Exercise requirements -
Wherever a line of the records contains "SampleFault", copy that line.
--- Records shown Enclosed Below ---
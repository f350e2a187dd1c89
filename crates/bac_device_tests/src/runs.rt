//! A run of datagrams, samples and clock steps in one call, which no program makes. One after the
//! other they are in examples/scripts.

use crate::plant::{name, plant};
use bac_device::{ClockBack, Device, Event, ObjectLine, Outcome, SampleFault};
use bac_wire::{ObjectId, Stamp};
use std::alloc::Global;

/// 2024-05-06, a Monday, at 07 and this minute.
fn at(minute: u8, second: u8, hundredth: u8) -> Option<Stamp> {
    Stamp::new(2024, 5, 6, 7, minute, second, hundredth)
}

/// Trend Log 1 of an object that isn't there, each minute.
fn trend(alloc: Global) -> Option<ObjectLine> {
    let source = ObjectId::new(5, 1)?;
    Some(ObjectLine::Log {
        instance: 1,
        name: name(alloc, "trend")?,
        source,
        capacity: 10,
        interval: 6000,
        logged: 0,
    })
}

/// Device 123 with it.
fn with_trend(alloc: Global) -> Option<Device> {
    let line = plant(alloc, 123, "plant", 1476)?;
    let trend = trend(alloc)?;
    Device::build(alloc, &line, &[trend]).ok()
}

/// Enable of Trend Log 1 is to be FALSE, and the SimpleACK of it.
const DISABLE: [u8; 20] = [
    0x81, 0x0a, 0, 20, 1, 4, 0, 5, 1, 0x0f, 0x0c, 5, 0, 0, 1, 0x19, 0x85, 0x3e, 0x10, 0x3f,
];

const DISABLED: [u8; 9] = [0x81, 0x0a, 0, 9, 1, 0, 0x20, 1, 0x0f];

/// A sample, a clock step at which one is due, a write, a sample of a disabled log, and a clock
/// that goes back.
fn are_told(outcomes: &[Outcome]) -> bool {
    match outcomes {
        [
            Outcome::Sample(Ok(1)),
            Outcome::Advance(Ok(1)),
            Outcome::Datagram(Some(reply)),
            Outcome::Sample(Err(SampleFault::Disabled)),
            Outcome::Advance(Err(ClockBack)),
        ] => reply.datagram.octets() == DISABLED.as_slice(),
        _ => false,
    }
}

/// Gives a device these events in one run: whether they are told.
fn run(alloc: Global, device: &mut Device) -> Option<bool> {
    let events = [
        Event::Sample(1),
        Event::Advance(at(9, 9, 10)?),
        Event::Datagram(&DISABLE),
        Event::Sample(1),
        Event::Advance(at(0, 0, 0)?),
    ];
    let outcomes = device.run(alloc, &events).ok()?;
    Some(are_told(outcomes.as_slice()))
}

/// How many records Trend Log 1 has.
fn records(device: &Device) -> Option<u32> {
    Some(device.log(1)?.count())
}

#[test]
fn a_run_has_the_outcome_of_each_event(rt: HostRuntime) {
    let mut device = with_trend(rt.alloc()).expect(&rt, "a device");
    assert_eq!(rt; run(rt.alloc(), &mut device), Some(true));
    assert_eq!(rt; records(&device), Some(3));
}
--- End of Enclosed Records shown ---
Answer to this exercise -
use bac_device::{ClockBack, Device, Event, ObjectLine, Outcome, SampleFault};
            Outcome::Sample(Err(SampleFault::Disabled)),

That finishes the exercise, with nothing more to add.